Alerts

New Antitrust Policy Gives Credit to All Cooperators

Alerts / August 21, 2019

On July 11, 2019, the Department of Justice (“DOJ”) Antitrust Division announced a new policy to encourage companies to invest in comprehensive and effective antitrust compliance programs. The Antitrust Division’s new policy represents a shift from its long-standing Corporate Leniency Policy, which incentivizes companies to self-report antitrust violations.

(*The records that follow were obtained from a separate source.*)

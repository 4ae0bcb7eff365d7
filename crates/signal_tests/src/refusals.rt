//! Calls on signals that are refused, each by its error's number, which is the program's status.
use session_scripts::first_wrong;
use std::test::Fail;

/// kill(2), tkill(2), 4236, tgkill(2), 4266, and rt_sigqueueinfo(2), 4198. ESRCH is 3, EFAULT 14, EINVAL 22. Signal 0 is none, and 129 is
/// not listed; who is named is looked at first.
const SENDING: &str = r"
    addiu $a0 $zero 101; addiu $a1 $zero 15; addiu $v0 $zero kill; syscall
    addiu $a0 $v0 0; addiu $v0 $zero exit; syscall
    o32run run p = exited 3 3 7

    addiu $a0 $zero 101; addiu $a1 $zero 129; addiu $v0 $zero kill; syscall
    addiu $a0 $v0 0; addiu $v0 $zero exit; syscall
    o32run run p = exited 3 3 7

    addiu $a0 $zero 100; addiu $a1 $zero 129; addiu $v0 $zero kill; syscall
    addiu $a0 $v0 0; addiu $v0 $zero exit; syscall
    o32run run p = exited 22 22 7

    addiu $a0 $zero 100; addiu $a1 $zero 0; addiu $v0 $zero kill; syscall
    addiu $a0 $v0 0; addiu $v0 $zero exit; syscall
    o32run run p = exited 0 0 7

    addiu $a0 $zero 0; addiu $a1 $zero 129; addiu $v0 $zero kill; syscall
    addiu $a0 $v0 0; addiu $v0 $zero exit; syscall
    o32run run p = exited 22 22 7

    addiu $a0 $zero 0; addiu $a1 $zero 15; addiu $v0 $zero 4236; syscall
    addiu $a0 $v0 0; addiu $v0 $zero exit; syscall
    o32run run p = exited 22 22 7

    addiu $a0 $zero 101; addiu $a1 $zero 15; addiu $v0 $zero 4236; syscall
    addiu $a0 $v0 0; addiu $v0 $zero exit; syscall
    o32run run p = exited 3 3 7

    addiu $a0 $zero 100; addiu $a1 $zero 129; addiu $v0 $zero 4236; syscall
    addiu $a0 $v0 0; addiu $v0 $zero exit; syscall
    o32run run p = exited 22 22 7

    addiu $a0 $zero 100; addiu $a1 $zero 0; addiu $v0 $zero 4236; syscall
    addiu $a0 $v0 0; addiu $v0 $zero exit; syscall
    o32run run p = exited 0 0 7

    addiu $a0 $zero 0; addiu $a1 $zero 100; addiu $a2 $zero 15; addiu $v0 $zero 4266; syscall
    addiu $a0 $v0 0; addiu $v0 $zero exit; syscall
    o32run run p = exited 22 22 8

    addiu $a0 $zero 100; addiu $a1 $zero 0; addiu $a2 $zero 15; addiu $v0 $zero 4266; syscall
    addiu $a0 $v0 0; addiu $v0 $zero exit; syscall
    o32run run p = exited 22 22 8

    addiu $a0 $zero 101; addiu $a1 $zero 100; addiu $a2 $zero 15; addiu $v0 $zero 4266; syscall
    addiu $a0 $v0 0; addiu $v0 $zero exit; syscall
    o32run run p = exited 3 3 8

    addiu $a0 $zero 100; addiu $a1 $zero 101; addiu $a2 $zero 15; addiu $v0 $zero 4266; syscall
    addiu $a0 $v0 0; addiu $v0 $zero exit; syscall
    o32run run p = exited 3 3 8

    addiu $a0 $zero 100; addiu $a1 $zero 100; addiu $a2 $zero 129; addiu $v0 $zero 4266; syscall
    addiu $a0 $v0 0; addiu $v0 $zero exit; syscall
    o32run run p = exited 22 22 8

    addiu $a0 $zero 100; addiu $a1 $zero 100; addiu $a2 $zero 0; addiu $v0 $zero 4266; syscall
    addiu $a0 $v0 0; addiu $v0 $zero exit; syscall
    o32run run p = exited 0 0 8

    addiu $a0 $zero 101; addiu $a1 $zero 16; lui $a2 0x50; addiu $v0 $zero 4198; syscall
    addiu $a0 $v0 0; addiu $v0 $zero exit; syscall
    o32run run p = exited 3 3 8

    addiu $a0 $zero 100; addiu $a1 $zero 129; lui $a2 0x50; addiu $v0 $zero 4198; syscall
    addiu $a0 $v0 0; addiu $v0 $zero exit; syscall
    o32run run p = exited 22 22 8

    addiu $a0 $zero 100; addiu $a1 $zero 16; lui $a2 0x50; addiu $v0 $zero 4198; syscall
    addiu $a0 $v0 0; addiu $v0 $zero exit; syscall
    o32run run p = exited 14 14 8
";

/// rt_sigaction(2), rt_sigprocmask(2), rt_sigpending(2), 4196, and rt_sigsuspend(2), with a null pointer, with one to a structure of zeros on
/// the stack, and with addresses that can't be read, or not written. A set has 16 bytes. KILL, 9, and STOP, 23, get no new action, and a
/// kind of change that is not listed is wrong only with a set.
const ACTIONS_AND_MASKS: &str = r"
    addiu $a0 $zero 9; addiu $a1 $sp 0xFFC0; addiu $a2 $zero 0; addiu $a3 $zero 16; addiu $v0 $zero rt_sigaction; syscall
    addiu $a0 $v0 0; addiu $v0 $zero exit; syscall
    o32run run p = exited 22 22 9

    addiu $a0 $zero 23; addiu $a1 $sp 0xFFC0; addiu $a2 $zero 0; addiu $a3 $zero 16; addiu $v0 $zero rt_sigaction; syscall
    addiu $a0 $v0 0; addiu $v0 $zero exit; syscall
    o32run run p = exited 22 22 9

    addiu $a0 $zero 9; addiu $a1 $zero 0; addiu $a2 $sp 0xFFC0; addiu $a3 $zero 16; addiu $v0 $zero rt_sigaction; syscall
    addiu $a0 $v0 0; addiu $v0 $zero exit; syscall
    o32run run p = exited 0 0 9

    addiu $a0 $zero 0; addiu $a1 $sp 0xFFC0; addiu $a2 $zero 0; addiu $a3 $zero 16; addiu $v0 $zero rt_sigaction; syscall
    addiu $a0 $v0 0; addiu $v0 $zero exit; syscall
    o32run run p = exited 22 22 9

    addiu $a0 $zero 129; addiu $a1 $sp 0xFFC0; addiu $a2 $zero 0; addiu $a3 $zero 16; addiu $v0 $zero rt_sigaction; syscall
    addiu $a0 $v0 0; addiu $v0 $zero exit; syscall
    o32run run p = exited 22 22 9

    addiu $a0 $zero 16; addiu $a1 $sp 0xFFC0; addiu $a2 $zero 0; addiu $a3 $zero 8; addiu $v0 $zero rt_sigaction; syscall
    addiu $a0 $v0 0; addiu $v0 $zero exit; syscall
    o32run run p = exited 22 22 9

    addiu $a0 $zero 16; lui $a1 0x50; addiu $a2 $zero 0; addiu $a3 $zero 16; addiu $v0 $zero rt_sigaction; syscall
    addiu $a0 $v0 0; addiu $v0 $zero exit; syscall
    o32run run p = exited 14 14 9

    addiu $a0 $zero 16; addiu $a1 $zero 0; lui $a2 0x40; addiu $a3 $zero 16; addiu $v0 $zero rt_sigaction; syscall
    addiu $a0 $v0 0; addiu $v0 $zero exit; syscall
    o32run run p = exited 14 14 9

    addiu $a0 $zero 16; addiu $a1 $sp 0xFFC0; addiu $a2 $zero 0; addiu $a3 $zero 16; addiu $v0 $zero rt_sigaction; syscall
    addiu $a0 $v0 0; addiu $v0 $zero exit; syscall
    o32run run p = exited 0 0 9

    addiu $a0 $zero 1; addiu $a1 $sp 0xFFC0; addiu $a2 $zero 0; addiu $a3 $zero 8; addiu $v0 $zero rt_sigprocmask; syscall
    addiu $a0 $v0 0; addiu $v0 $zero exit; syscall
    o32run run p = exited 22 22 9

    addiu $a0 $zero 1; addiu $a1 $zero 0; addiu $a2 $sp 0xFFC0; addiu $a3 $zero 8; addiu $v0 $zero rt_sigprocmask; syscall
    addiu $a0 $v0 0; addiu $v0 $zero exit; syscall
    o32run run p = exited 22 22 9

    addiu $a0 $zero 4; addiu $a1 $sp 0xFFC0; addiu $a2 $zero 0; addiu $a3 $zero 16; addiu $v0 $zero rt_sigprocmask; syscall
    addiu $a0 $v0 0; addiu $v0 $zero exit; syscall
    o32run run p = exited 22 22 9

    addiu $a0 $zero 4; addiu $a1 $zero 0; addiu $a2 $sp 0xFFC0; addiu $a3 $zero 16; addiu $v0 $zero rt_sigprocmask; syscall
    addiu $a0 $v0 0; addiu $v0 $zero exit; syscall
    o32run run p = exited 0 0 9

    addiu $a0 $zero 1; lui $a1 0x50; addiu $a2 $zero 0; addiu $a3 $zero 16; addiu $v0 $zero rt_sigprocmask; syscall
    addiu $a0 $v0 0; addiu $v0 $zero exit; syscall
    o32run run p = exited 14 14 9

    addiu $a0 $zero 1; addiu $a1 $zero 0; lui $a2 0x40; addiu $a3 $zero 16; addiu $v0 $zero rt_sigprocmask; syscall
    addiu $a0 $v0 0; addiu $v0 $zero exit; syscall
    o32run run p = exited 14 14 9

    addiu $a0 $sp 0xFFC0; addiu $a1 $zero 8; addiu $v0 $zero 4196; syscall
    addiu $a0 $v0 0; addiu $v0 $zero exit; syscall
    o32run run p = exited 22 22 7

    lui $a0 0x40; addiu $a1 $zero 16; addiu $v0 $zero 4196; syscall
    addiu $a0 $v0 0; addiu $v0 $zero exit; syscall
    o32run run p = exited 14 14 7

    addiu $a0 $sp 0xFFC0; addiu $a1 $zero 16; addiu $v0 $zero 4196; syscall
    addiu $a0 $v0 0; addiu $v0 $zero exit; syscall
    o32run run p = exited 0 0 7

    addiu $a0 $sp 0xFFC0; addiu $a1 $zero 8; addiu $v0 $zero rt_sigsuspend; syscall
    addiu $a0 $v0 0; addiu $v0 $zero exit; syscall
    o32run run p = exited 22 22 7

    lui $a0 0x50; addiu $a1 $zero 16; addiu $v0 $zero rt_sigsuspend; syscall
    addiu $a0 $v0 0; addiu $v0 $zero exit; syscall
    o32run run p = exited 14 14 7
";

/// sigaltstack(2) of a stack of 2,047 bytes, and of one with flags of which there are none, 3; of one that can't be read; and a second one
/// while the program is on the first, which is EPERM, 1, and ENOMEM is 12. The stack pointer, 0x7FFEFF40, then lies on a stack that begins
/// at 0x7FFE0000 and has 65,535 bytes.
const STACKS: &str = r"
    addiu $t0 $zero 2047; sw $t0 0xFFE4 $sp; addiu $a0 $sp 0xFFE0; addiu $a1 $zero 0; addiu $v0 $zero sigaltstack; syscall
    addiu $a0 $v0 0; addiu $v0 $zero exit; syscall
    o32run run p = exited 12 12 9

    addiu $t0 $zero 2048; sw $t0 0xFFE4 $sp; addiu $a0 $sp 0xFFE0; addiu $a1 $zero 0; addiu $v0 $zero sigaltstack; syscall
    addiu $a0 $v0 0; addiu $v0 $zero exit; syscall
    o32run run p = exited 0 0 9

    addiu $t0 $zero 3; sw $t0 0xFFE8 $sp; addiu $a0 $sp 0xFFE0; addiu $a1 $zero 0; addiu $v0 $zero sigaltstack; syscall
    addiu $a0 $v0 0; addiu $v0 $zero exit; syscall
    o32run run p = exited 22 22 9

    lui $a0 0x50; addiu $a1 $zero 0; addiu $v0 $zero sigaltstack; syscall
    addiu $a0 $v0 0; addiu $v0 $zero exit; syscall
    o32run run p = exited 14 14 7

    lui $t0 0x7FFE; sw $t0 0xFFE0 $sp; ori $t0 $zero 0xFFFF; sw $t0 0xFFE4 $sp
    addiu $a0 $sp 0xFFE0; addiu $a1 $zero 0; addiu $v0 $zero sigaltstack; syscall
    addiu $a0 $sp 0xFFE0; addiu $a1 $zero 0; addiu $v0 $zero sigaltstack; syscall
    addiu $a0 $v0 0; addiu $v0 $zero exit; syscall
    o32run run p = exited 1 1 15
";

/// restart_syscall(2), 4253, where no call was stopped: EINTR, 4.
const NO_RESTART: &str = r"
    addiu $v0 $zero 4253; syscall
    addiu $a0 $v0 0; addiu $v0 $zero exit; syscall
    o32run run p = exited 4 4 5
";

#[test]
fn sending(rt: HostRuntime) -> Result<(), Fail> {
    assert_eq!(rt; first_wrong(rt.alloc(), "", SENDING)?, None);
    Ok(())
}

#[test]
fn actions_and_masks(rt: HostRuntime) -> Result<(), Fail> {
    assert_eq!(rt; first_wrong(rt.alloc(), "", ACTIONS_AND_MASKS)?, None);
    Ok(())
}

#[test]
fn others(rt: HostRuntime) -> Result<(), Fail> {
    assert_eq!(rt; first_wrong(rt.alloc(), "", STACKS)?, None);
    assert_eq!(rt; first_wrong(rt.alloc(), "", NO_RESTART)?, None);
    Ok(())
}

Since 1993, the DOJ has encouraged timely self-reporting to help root out antitrust violations through its all-or-nothing Leniency Policy. Companies that are first to self-report antitrust violations receive a “total pass” from the DOJ, which includes immunity from criminal charges, non-prosecution agreements for cooperating employees and reduced damages in related civil actions. Any company that self-reports thereafter is not offered any relief, with the DOJ often insisting on guilty pleas, irrespective of the effectiveness of the company’s corporate compliance program or whether the company had taken any remedial actions. Historically, prosecutors claimed it would be counterintuitive to consider a company’s compliance program at the charging stage, since antitrust violations involved the entire business, and the DOJ had never recommended a reduction at the sentencing stage for an effective compliance program.

Now, prosecutors will consider a company’s compliance program at the charging stage, creating the potential for companies that invest in their compliance programs to receive a deferred prosecution agreement (but specifically not a non-prosecution agreement), regardless of whether they qualify under the Corporate Leniency Program. Compliance programs may also be considered in the sentencing phase either by reducing the company’s culpability score, mitigating the amount of the fine, or in determining whether the company should be granted probation.

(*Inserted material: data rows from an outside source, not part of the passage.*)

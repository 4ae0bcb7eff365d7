//! Calls that wait, and what a handler or a stop makes of them.
use session_scripts::first_wrong;
use std::test::Fail;

/// A read of an empty pipe. The handler writes the frame's pc, $v0 and $a3: under SA_RESTART those of the SYSCALL that comes again,
/// at 0x00400094, and else those behind it, with EINTR. The clock jumps to the signal's time in a turn of its own.
const A_READ: &str = r"
    beq $zero $zero 19; nop
    addiu $a0 $zero 1; addiu $a1 $sp 36; addiu $a2 $zero 4; addiu $v0 $zero write; syscall
    addiu $a0 $zero 1; addiu $a1 $sp 60; addiu $a2 $zero 4; addiu $v0 $zero write; syscall
    addiu $a0 $zero 1; addiu $a1 $sp 100; addiu $a2 $zero 4; addiu $v0 $zero write; syscall
    addiu $a0 $zero 0; addiu $v0 $zero exit; syscall
    lui $t0 0x1000; sw $t0 0xFFC0 $sp; lui $t0 0x40; ori $t0 $t0 8; sw $t0 0xFFC4 $sp
    addiu $a0 $zero 16; addiu $a1 $sp 0xFFC0; addiu $a2 $zero 0; addiu $a3 $zero 16; addiu $v0 $zero rt_sigaction; syscall
    addiu $v0 $zero pipe; syscall
    addiu $a0 $zero 3; addiu $a1 $sp 0xFFF0; addiu $a2 $zero 4; addiu $v0 $zero read; syscall
    file t at 1000000 kill 16\n
    out \0\x40\0\x94\0\0\x0F\xA3\0\0\0\0
    trace 13 call 4194 00000010 7ffeff00 00000000 00000010 = 00000000 0
    trace 15 call 4042 00000010 7ffeff00 00000000 00000000 = 00000003 0
    trace 20 wait 4003 00000003 7ffeff30 00000004 00000000
    trace 22 post 16
    trace 22 restart 4003
    trace 22 signal 16 handler
    trace 26 call 4004 00000001 7ffefccc 00000004 00000000 = 00000004 0
    trace 31 call 4004 00000001 7ffefce4 00000004 00000000 = 00000004 0
    trace 36 call 4004 00000001 7ffefd0c 00000004 00000000 = 00000004 0
    trace 39 exit 0
    o32run run --schedule t --trace trace p = exited 0 0 39

    beq $zero $zero 19; nop
    addiu $a0 $zero 1; addiu $a1 $sp 36; addiu $a2 $zero 4; addiu $v0 $zero write; syscall
    addiu $a0 $zero 1; addiu $a1 $sp 60; addiu $a2 $zero 4; addiu $v0 $zero write; syscall
    addiu $a0 $zero 1; addiu $a1 $sp 100; addiu $a2 $zero 4; addiu $v0 $zero write; syscall
    addiu $a0 $zero 0; addiu $v0 $zero exit; syscall
    lui $t0 0x40; ori $t0 $t0 8; sw $t0 0xFFC4 $sp
    addiu $a0 $zero 16; addiu $a1 $sp 0xFFC0; addiu $a2 $zero 0; addiu $a3 $zero 16; addiu $v0 $zero rt_sigaction; syscall
    addiu $v0 $zero pipe; syscall
    addiu $a0 $zero 3; addiu $a1 $sp 0xFFF0; addiu $a2 $zero 4; addiu $v0 $zero read; syscall
    file t at 1000000 kill 16\n
    out \0\x40\0\x90\0\0\0\x04\0\0\0\x01
    o32run run --schedule t p = exited 0 0 37
";

/// A sleep of a second. A stop after 0.3 s and SIGCONT after 0.8 s leave its deadline, and it gives 0; the clock is then told, four
/// turns behind it. A handler after 0.5 s ends it with EINTR, 4, and what is left is stored. So
/// does one after 0.7 s behind a stop at 0.3 s and SIGCONT at 0.5 s, by the first deadline: the stop, the SYSCALL that comes again and
/// each jump of the clock take a turn.
const A_SLEEP: &str = r"
    addiu $t0 $zero 1; sw $t0 0xFFF0 $sp; addiu $a0 $sp 0xFFF0; addiu $a1 $zero 0; addiu $v0 $zero nanosleep; syscall
    addiu $t0 $v0 0
    addiu $a0 $zero 1; addiu $a1 $sp 0xFFE0; addiu $v0 $zero clock_gettime; syscall
    addiu $a0 $zero 1; addiu $a1 $sp 0xFFE0; addiu $a2 $zero 8; addiu $v0 $zero write; syscall
    addiu $a0 $t0 0; addiu $v0 $zero exit; syscall
    file t at 300000000 kill 23\nat 800000000 kill 25\n
    out \0\0\0\x01\0\0\x23\x28
    trace 6 wait 4166 7ffeff30 00000000 00000000 00000000
    trace 8 post 23
    trace 8 signal 23 stop
    trace 9 post 25
    trace 9 cont
    trace 9 restart 4253
    trace 9 wait 4253 7ffeff30 00000000 00000000 00000000
    trace 11 done 00000000 0
    trace 15 call 4263 00000001 7ffeff20 00000000 00000000 = 00000000 0
    trace 20 call 4004 00000001 7ffeff20 00000008 00000000 = 00000008 0
    trace 23 exit 0
    o32run run --schedule t --trace trace p = exited 0 0 23

    beq $zero $zero 3; nop
    jr $ra; nop
    lui $t0 0x40; ori $t0 $t0 8; sw $t0 0xFFC4 $sp
    addiu $a0 $zero 16; addiu $a1 $sp 0xFFC0; addiu $a2 $zero 0; addiu $a3 $zero 16; addiu $v0 $zero rt_sigaction; syscall
    addiu $t0 $zero 1; sw $t0 0xFFF0 $sp; addiu $a0 $sp 0xFFF0; addiu $a1 $sp 0xFFE8; addiu $v0 $zero nanosleep; syscall
    addiu $t0 $v0 0
    addiu $a0 $zero 1; addiu $a1 $sp 0xFFE8; addiu $a2 $zero 8; addiu $v0 $zero write; syscall
    addiu $a0 $t0 0; addiu $v0 $zero exit; syscall
    file t at 500000000 kill 16\n
    out \0\0\0\0\x1D\xCD\xA3\x80
    trace 11 call 4194 00000010 7ffeff00 00000000 00000010 = 00000000 0
    trace 17 wait 4166 7ffeff30 7ffeff28 00000000 00000000
    trace 19 post 16
    trace 19 done 00000004 1
    trace 19 signal 16 handler
    trace 22 return
    trace 28 call 4004 00000001 7ffeff28 00000008 00000001 = 00000008 0
    trace 31 exit 4
    o32run run --schedule t --trace trace p = exited 4 4 31

    beq $zero $zero 3; nop
    jr $ra; nop
    lui $t0 0x40; ori $t0 $t0 8; sw $t0 0xFFC4 $sp
    addiu $a0 $zero 16; addiu $a1 $sp 0xFFC0; addiu $a2 $zero 0; addiu $a3 $zero 16; addiu $v0 $zero rt_sigaction; syscall
    addiu $t0 $zero 1; sw $t0 0xFFF0 $sp; addiu $a0 $sp 0xFFF0; addiu $a1 $sp 0xFFE8; addiu $v0 $zero nanosleep; syscall
    addiu $t0 $v0 0
    addiu $a0 $zero 1; addiu $a1 $sp 0xFFE8; addiu $a2 $zero 8; addiu $v0 $zero write; syscall
    addiu $a0 $t0 0; addiu $v0 $zero exit; syscall
    file t at 300000000 kill 23\nat 500000000 kill 25\nat 700000000 kill 16\n
    out \0\0\0\0\x11\xE1\xE1\x80
    o32run run --schedule t p = exited 4 4 34
";

/// A write of 70,000 bytes to an empty pipe puts 65,536, which is its result once a handler ends it; and so many are then in the pipe, by
/// FIONREAD of ioctl(2), 0x467F.
const A_WRITE: &str = r"
    beq $zero $zero 3; nop
    jr $ra; nop
    lui $t0 0x40; ori $t0 $t0 8; sw $t0 0xFFC4 $sp
    addiu $a0 $zero 16; addiu $a1 $sp 0xFFC0; addiu $a2 $zero 0; addiu $a3 $zero 16; addiu $v0 $zero rt_sigaction; syscall
    addiu $v0 $zero pipe; syscall
    addiu $a0 $zero 4; lui $a1 0x7F80; lui $a2 1; ori $a2 $a2 0x1170; addiu $v0 $zero write; syscall
    sw $v0 0xFFFC $sp
    addiu $a0 $zero 1; addiu $a1 $sp 0xFFFC; addiu $a2 $zero 4; addiu $v0 $zero write; syscall
    addiu $a0 $zero 0; addiu $v0 $zero exit; syscall
    file t at 1000000 kill 16\n
    out \0\x01\0\0
    o32run run --schedule t p = exited 0 0 33

    beq $zero $zero 3; nop
    jr $ra; nop
    lui $t0 0x40; ori $t0 $t0 8; sw $t0 0xFFC4 $sp
    addiu $a0 $zero 16; addiu $a1 $sp 0xFFC0; addiu $a2 $zero 0; addiu $a3 $zero 16; addiu $v0 $zero rt_sigaction; syscall
    addiu $v0 $zero pipe; syscall
    addiu $a0 $zero 4; lui $a1 0x7F80; lui $a2 1; ori $a2 $a2 0x1170; addiu $v0 $zero write; syscall
    addiu $a0 $zero 3; addiu $a1 $zero 0x467F; addiu $a2 $sp 0xFFF8; addiu $v0 $zero ioctl; syscall
    addiu $a0 $zero 1; addiu $a1 $sp 0xFFF8; addiu $a2 $zero 4; addiu $v0 $zero write; syscall
    addiu $a0 $zero 0; addiu $v0 $zero exit; syscall
    file t at 1000000 kill 16\n
    out \0\x01\0\0
    o32run run --schedule t p = exited 0 0 37
";

/// pause(2) without anything to come; and beside a timer with a period whose signal is ignored.
const PAUSES: &str = r"
    addiu $v0 $zero pause; syscall
    o32run run p = blocked 123 2

    addiu $t0 $zero 1; sw $t0 0xFFC4 $sp
    addiu $a0 $zero 14; addiu $a1 $sp 0xFFC0; addiu $a2 $zero 0; addiu $a3 $zero 16; addiu $v0 $zero rt_sigaction; syscall
    addiu $t0 $zero 1000; sw $t0 0xFFE4 $sp; sw $t0 0xFFEC $sp
    addiu $a0 $zero 0; addiu $a1 $sp 0xFFE0; addiu $a2 $zero 0; addiu $v0 $zero setitimer; syscall
    addiu $v0 $zero pause; syscall
    o32run run --budget 100 p = budget 124 100
";

/// rt_sigsuspend(2) with an empty set while 16 is blocked and pends: it is EINTR, and then 16 is blocked again.
const A_SUSPENSION: &str = r"
    beq $zero $zero 3; nop
    jr $ra; nop
    lui $t0 0x40; ori $t0 $t0 8; sw $t0 0xFFC4 $sp
    addiu $a0 $zero 16; addiu $a1 $sp 0xFFC0; addiu $a2 $zero 0; addiu $a3 $zero 16; addiu $v0 $zero rt_sigaction; syscall
    ori $t0 $zero 0x8000; sw $t0 0xFFE0 $sp
    addiu $a0 $zero 1; addiu $a1 $sp 0xFFE0; addiu $a2 $zero 0; addiu $a3 $zero 16; addiu $v0 $zero rt_sigprocmask; syscall
    addiu $a0 $zero 100; addiu $a1 $zero 16; addiu $v0 $zero kill; syscall
    addiu $a0 $sp 0xFFD0; addiu $a1 $zero 16; addiu $v0 $zero rt_sigsuspend; syscall
    addiu $t0 $v0 0
    addiu $a0 $zero 1; addiu $a1 $zero 0; addiu $a2 $sp 0xFFC0; addiu $a3 $zero 16; addiu $v0 $zero rt_sigprocmask; syscall
    addiu $a0 $zero 1; addiu $a1 $sp 0xFFC0; addiu $a2 $zero 4; addiu $v0 $zero write; syscall
    addiu $a0 $t0 0; addiu $v0 $zero exit; syscall
    out \0\0\x80\0
    o32run run p = exited 4 4 46
";

#[test]
fn a_read(rt: HostRuntime) -> Result<(), Fail> {
    assert_eq!(rt; first_wrong(rt.alloc(), "", A_READ)?, None);
    Ok(())
}

#[test]
fn a_sleep(rt: HostRuntime) -> Result<(), Fail> {
    assert_eq!(rt; first_wrong(rt.alloc(), "", A_SLEEP)?, None);
    Ok(())
}

#[test]
fn a_write(rt: HostRuntime) -> Result<(), Fail> {
    assert_eq!(rt; first_wrong(rt.alloc(), "", A_WRITE)?, None);
    Ok(())
}

#[test]
fn suspensions(rt: HostRuntime) -> Result<(), Fail> {
    assert_eq!(rt; first_wrong(rt.alloc(), "", PAUSES)?, None);
    assert_eq!(rt; first_wrong(rt.alloc(), "", A_SUSPENSION)?, None);
    Ok(())
}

As part of this new policy, the Antitrust Division has released, for the first time, a public guidance document explaining how compliance programs will be evaluated in the charging and sentencing phases. The division’s guidance begins with three basic questions for prosecutors to consider: (1) does the company’s compliance program address and prohibit criminal antitrust violations? (2) did the antitrust compliance program detect and facilitate prompt reporting of the violation? and (3) to what extent was a company’s senior management involved in the violation?

In the new guidance document, the Antitrust Division outlined the factors that it will consider in evaluating the effectiveness of a company’s compliance program. These factors include:

  • An effective and comprehensive design and implementation integrated throughout the business.
  • Senior management’s commitment to “good corporate citizenship.”
  • Executives with the autonomy and authority to allocate adequate resources allocated to the program in accordance with the company’s structure and size.
  • Controls implemented to identify and remediate “antitrust risk.”
  • Appropriate training of and communication with employees.
  • Monitoring and periodic revision of the program.
  • Anonymous reporting outlets.
  • Internal incentives and disciplinary actions to deter antitrust violations.
  • Remediation efforts subsequent to discovery.

Companies should aim to model their programs around these specific factors.

In abandoning its all-or-nothing approach, the Antitrust Division now provides a moderate middle ground for companies that proactively take steps to avoid antitrust issues. For a company to best position itself to address the DOJ’s new guidelines, we recommend consulting with outside counsel to review and update existing antitrust compliance programs and, where necessary, design and implement effective new policies, training, and internal controls.